(Collected data entries)

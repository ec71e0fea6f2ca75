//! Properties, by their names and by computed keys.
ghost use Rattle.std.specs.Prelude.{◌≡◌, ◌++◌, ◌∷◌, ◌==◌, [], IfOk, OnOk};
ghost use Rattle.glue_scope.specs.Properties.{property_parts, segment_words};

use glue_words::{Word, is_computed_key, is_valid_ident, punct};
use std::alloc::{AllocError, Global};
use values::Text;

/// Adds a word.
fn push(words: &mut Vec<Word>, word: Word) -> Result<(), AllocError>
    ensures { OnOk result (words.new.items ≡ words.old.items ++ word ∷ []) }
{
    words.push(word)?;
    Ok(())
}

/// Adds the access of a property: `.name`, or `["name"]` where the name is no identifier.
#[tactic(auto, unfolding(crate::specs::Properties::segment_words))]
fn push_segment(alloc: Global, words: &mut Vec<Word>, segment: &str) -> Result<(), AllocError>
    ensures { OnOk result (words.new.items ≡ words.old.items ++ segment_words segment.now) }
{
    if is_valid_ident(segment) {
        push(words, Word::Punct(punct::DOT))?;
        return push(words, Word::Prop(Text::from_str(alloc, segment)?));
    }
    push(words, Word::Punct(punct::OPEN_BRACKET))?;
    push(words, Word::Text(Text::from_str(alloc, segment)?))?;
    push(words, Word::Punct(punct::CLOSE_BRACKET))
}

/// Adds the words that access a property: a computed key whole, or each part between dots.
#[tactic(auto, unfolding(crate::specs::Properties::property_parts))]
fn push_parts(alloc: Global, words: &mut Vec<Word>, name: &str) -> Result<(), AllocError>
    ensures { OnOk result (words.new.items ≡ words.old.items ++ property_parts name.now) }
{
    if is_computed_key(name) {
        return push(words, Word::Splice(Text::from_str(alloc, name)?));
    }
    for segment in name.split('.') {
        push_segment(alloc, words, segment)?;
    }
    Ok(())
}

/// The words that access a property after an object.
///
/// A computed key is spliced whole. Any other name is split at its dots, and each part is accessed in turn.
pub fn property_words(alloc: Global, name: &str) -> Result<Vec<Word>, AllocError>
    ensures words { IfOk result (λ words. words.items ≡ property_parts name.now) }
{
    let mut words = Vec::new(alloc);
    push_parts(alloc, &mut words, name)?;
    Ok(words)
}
...
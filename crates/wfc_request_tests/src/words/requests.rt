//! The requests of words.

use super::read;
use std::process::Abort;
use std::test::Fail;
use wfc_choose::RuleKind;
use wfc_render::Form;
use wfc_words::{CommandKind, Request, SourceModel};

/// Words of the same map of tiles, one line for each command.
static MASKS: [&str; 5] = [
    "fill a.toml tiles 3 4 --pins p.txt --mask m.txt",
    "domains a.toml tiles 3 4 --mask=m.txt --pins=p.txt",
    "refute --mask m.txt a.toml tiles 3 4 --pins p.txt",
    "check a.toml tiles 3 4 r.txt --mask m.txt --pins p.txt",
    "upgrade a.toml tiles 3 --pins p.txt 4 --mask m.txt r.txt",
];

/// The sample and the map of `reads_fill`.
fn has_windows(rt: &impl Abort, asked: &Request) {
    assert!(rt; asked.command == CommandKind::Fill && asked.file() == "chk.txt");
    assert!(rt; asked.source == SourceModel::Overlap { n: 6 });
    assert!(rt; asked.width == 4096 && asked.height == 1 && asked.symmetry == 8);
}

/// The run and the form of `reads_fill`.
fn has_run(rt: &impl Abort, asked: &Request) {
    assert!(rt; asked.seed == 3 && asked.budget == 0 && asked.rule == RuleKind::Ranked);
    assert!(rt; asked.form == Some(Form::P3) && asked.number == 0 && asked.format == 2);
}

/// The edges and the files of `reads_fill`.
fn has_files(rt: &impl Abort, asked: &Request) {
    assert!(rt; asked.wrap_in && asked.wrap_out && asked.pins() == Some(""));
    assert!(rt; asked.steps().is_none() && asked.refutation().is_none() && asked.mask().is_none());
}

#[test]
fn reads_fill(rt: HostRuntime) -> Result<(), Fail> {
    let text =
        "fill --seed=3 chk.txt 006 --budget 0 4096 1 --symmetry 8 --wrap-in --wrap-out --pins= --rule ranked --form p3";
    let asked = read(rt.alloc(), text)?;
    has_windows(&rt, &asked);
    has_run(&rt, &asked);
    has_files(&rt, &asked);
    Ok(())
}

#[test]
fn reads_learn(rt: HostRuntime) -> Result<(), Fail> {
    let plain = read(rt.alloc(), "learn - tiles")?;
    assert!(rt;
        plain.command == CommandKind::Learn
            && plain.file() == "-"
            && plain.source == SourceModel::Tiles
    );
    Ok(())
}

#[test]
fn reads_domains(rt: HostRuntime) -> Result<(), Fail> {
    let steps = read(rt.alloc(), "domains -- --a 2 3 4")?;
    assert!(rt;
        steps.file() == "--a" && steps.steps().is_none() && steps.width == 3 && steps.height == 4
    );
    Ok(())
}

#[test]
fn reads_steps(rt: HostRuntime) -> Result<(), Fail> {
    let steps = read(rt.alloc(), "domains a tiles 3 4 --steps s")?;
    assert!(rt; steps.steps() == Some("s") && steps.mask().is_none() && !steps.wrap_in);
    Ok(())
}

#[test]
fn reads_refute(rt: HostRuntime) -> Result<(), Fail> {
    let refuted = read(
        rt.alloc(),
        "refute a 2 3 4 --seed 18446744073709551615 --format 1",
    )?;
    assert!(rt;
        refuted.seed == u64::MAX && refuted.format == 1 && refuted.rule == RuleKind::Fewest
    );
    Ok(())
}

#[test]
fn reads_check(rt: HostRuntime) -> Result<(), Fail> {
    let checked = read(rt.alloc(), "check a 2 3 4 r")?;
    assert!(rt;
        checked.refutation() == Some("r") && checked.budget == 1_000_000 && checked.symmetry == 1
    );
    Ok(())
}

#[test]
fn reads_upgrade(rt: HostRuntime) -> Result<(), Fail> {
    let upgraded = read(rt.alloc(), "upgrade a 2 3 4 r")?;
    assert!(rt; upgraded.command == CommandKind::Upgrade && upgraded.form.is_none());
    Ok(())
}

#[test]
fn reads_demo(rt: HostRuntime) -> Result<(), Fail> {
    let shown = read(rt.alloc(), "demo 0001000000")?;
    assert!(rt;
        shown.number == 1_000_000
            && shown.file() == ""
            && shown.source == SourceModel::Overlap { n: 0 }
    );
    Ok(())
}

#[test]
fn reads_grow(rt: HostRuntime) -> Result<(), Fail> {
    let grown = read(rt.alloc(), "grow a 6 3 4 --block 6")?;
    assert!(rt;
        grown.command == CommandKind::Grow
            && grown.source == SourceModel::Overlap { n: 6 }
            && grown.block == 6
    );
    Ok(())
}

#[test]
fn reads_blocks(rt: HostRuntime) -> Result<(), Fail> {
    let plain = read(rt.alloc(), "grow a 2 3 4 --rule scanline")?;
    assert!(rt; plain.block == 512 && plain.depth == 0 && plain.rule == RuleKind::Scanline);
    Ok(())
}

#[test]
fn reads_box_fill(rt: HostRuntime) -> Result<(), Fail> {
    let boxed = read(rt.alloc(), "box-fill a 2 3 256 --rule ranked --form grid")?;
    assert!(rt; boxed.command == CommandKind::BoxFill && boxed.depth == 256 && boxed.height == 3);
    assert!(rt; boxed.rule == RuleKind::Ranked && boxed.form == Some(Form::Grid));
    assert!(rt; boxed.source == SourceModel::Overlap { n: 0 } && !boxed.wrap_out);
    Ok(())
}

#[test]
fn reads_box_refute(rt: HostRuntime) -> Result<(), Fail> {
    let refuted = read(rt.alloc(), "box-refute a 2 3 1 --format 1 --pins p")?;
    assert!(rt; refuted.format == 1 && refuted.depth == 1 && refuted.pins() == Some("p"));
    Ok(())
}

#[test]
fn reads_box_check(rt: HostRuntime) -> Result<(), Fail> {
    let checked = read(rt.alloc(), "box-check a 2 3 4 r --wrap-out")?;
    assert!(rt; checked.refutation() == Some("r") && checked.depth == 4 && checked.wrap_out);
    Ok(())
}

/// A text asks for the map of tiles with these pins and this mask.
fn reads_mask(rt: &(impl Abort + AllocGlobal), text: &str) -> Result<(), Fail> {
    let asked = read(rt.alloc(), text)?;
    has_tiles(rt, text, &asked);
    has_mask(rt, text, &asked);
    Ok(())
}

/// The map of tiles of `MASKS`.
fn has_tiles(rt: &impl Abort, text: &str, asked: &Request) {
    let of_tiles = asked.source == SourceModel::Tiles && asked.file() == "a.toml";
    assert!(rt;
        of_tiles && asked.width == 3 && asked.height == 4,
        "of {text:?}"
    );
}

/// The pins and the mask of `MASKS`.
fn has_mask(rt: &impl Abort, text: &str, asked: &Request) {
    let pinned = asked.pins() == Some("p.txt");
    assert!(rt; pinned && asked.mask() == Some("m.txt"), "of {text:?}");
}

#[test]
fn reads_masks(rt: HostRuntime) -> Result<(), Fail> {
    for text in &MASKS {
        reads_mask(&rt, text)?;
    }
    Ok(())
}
==
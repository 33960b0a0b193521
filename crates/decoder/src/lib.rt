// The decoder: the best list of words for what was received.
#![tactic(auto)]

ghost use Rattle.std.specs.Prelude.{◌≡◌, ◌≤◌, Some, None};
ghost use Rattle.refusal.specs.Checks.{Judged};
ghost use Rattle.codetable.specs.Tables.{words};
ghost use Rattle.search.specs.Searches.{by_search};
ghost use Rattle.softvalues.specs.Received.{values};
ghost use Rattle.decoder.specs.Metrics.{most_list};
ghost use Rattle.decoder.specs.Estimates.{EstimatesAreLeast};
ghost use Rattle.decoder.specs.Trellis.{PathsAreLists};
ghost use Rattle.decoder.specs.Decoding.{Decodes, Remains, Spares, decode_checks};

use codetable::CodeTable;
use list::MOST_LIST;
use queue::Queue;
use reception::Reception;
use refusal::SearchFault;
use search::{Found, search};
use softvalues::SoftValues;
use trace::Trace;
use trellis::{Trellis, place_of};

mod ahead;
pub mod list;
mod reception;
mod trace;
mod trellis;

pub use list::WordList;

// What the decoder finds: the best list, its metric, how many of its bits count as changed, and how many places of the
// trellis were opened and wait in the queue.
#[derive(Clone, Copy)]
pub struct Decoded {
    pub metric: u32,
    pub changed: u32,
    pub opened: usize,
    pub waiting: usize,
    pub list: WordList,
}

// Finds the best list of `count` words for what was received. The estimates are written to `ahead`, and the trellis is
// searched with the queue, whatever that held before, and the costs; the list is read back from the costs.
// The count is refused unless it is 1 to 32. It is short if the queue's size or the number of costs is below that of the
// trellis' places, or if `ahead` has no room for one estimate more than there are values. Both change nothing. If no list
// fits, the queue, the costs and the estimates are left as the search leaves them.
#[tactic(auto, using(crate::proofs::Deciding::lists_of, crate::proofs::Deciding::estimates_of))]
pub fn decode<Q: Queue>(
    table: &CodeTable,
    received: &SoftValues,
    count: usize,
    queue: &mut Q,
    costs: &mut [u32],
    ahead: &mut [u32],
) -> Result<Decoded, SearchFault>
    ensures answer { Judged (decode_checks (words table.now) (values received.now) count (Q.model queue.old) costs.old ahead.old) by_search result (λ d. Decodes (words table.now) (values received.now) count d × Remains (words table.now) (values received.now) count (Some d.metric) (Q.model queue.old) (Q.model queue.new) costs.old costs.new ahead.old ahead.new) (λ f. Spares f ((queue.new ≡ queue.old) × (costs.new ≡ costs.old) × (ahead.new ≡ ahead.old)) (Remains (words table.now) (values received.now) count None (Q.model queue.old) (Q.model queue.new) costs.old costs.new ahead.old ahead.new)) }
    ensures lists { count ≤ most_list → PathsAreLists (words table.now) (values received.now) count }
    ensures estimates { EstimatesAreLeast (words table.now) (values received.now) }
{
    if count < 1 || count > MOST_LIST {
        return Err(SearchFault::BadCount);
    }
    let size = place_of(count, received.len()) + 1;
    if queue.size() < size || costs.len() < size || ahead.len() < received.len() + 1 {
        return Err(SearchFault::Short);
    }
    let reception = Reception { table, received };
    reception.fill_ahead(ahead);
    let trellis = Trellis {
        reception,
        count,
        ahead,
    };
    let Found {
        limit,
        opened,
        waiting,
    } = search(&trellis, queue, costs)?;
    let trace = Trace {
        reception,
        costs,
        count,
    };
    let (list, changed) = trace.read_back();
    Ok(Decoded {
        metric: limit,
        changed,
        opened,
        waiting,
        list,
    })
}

● **YOUR OBJECTIVE**:
Could you return exactly the lines above from the line with "and this mask." to the line with "fn reads_masks(rt: HostRuntime)", both included, and nothing else?

● **EXERCISE RESPONSE**:
/// A text asks for the map of tiles with these pins and this mask.
fn reads_mask(rt: &(impl Abort + AllocGlobal), text: &str) -> Result<(), Fail> {
    let asked = read(rt.alloc(), text)?;
    has_tiles(rt, text, &asked);
    has_mask(rt, text, &asked);
    Ok(())
}

/// The map of tiles of `MASKS`.
fn has_tiles(rt: &impl Abort, text: &str, asked: &Request) {
    let of_tiles = asked.source == SourceModel::Tiles && asked.file() == "a.toml";
    assert!(rt;
        of_tiles && asked.width == 3 && asked.height == 4,
        "of {text:?}"
    );
}

/// The pins and the mask of `MASKS`.
fn has_mask(rt: &impl Abort, text: &str, asked: &Request) {
    let pinned = asked.pins() == Some("p.txt");
    assert!(rt; pinned && asked.mask() == Some("m.txt"), "of {text:?}");
}

#[test]
fn reads_masks(rt: HostRuntime) -> Result<(), Fail> {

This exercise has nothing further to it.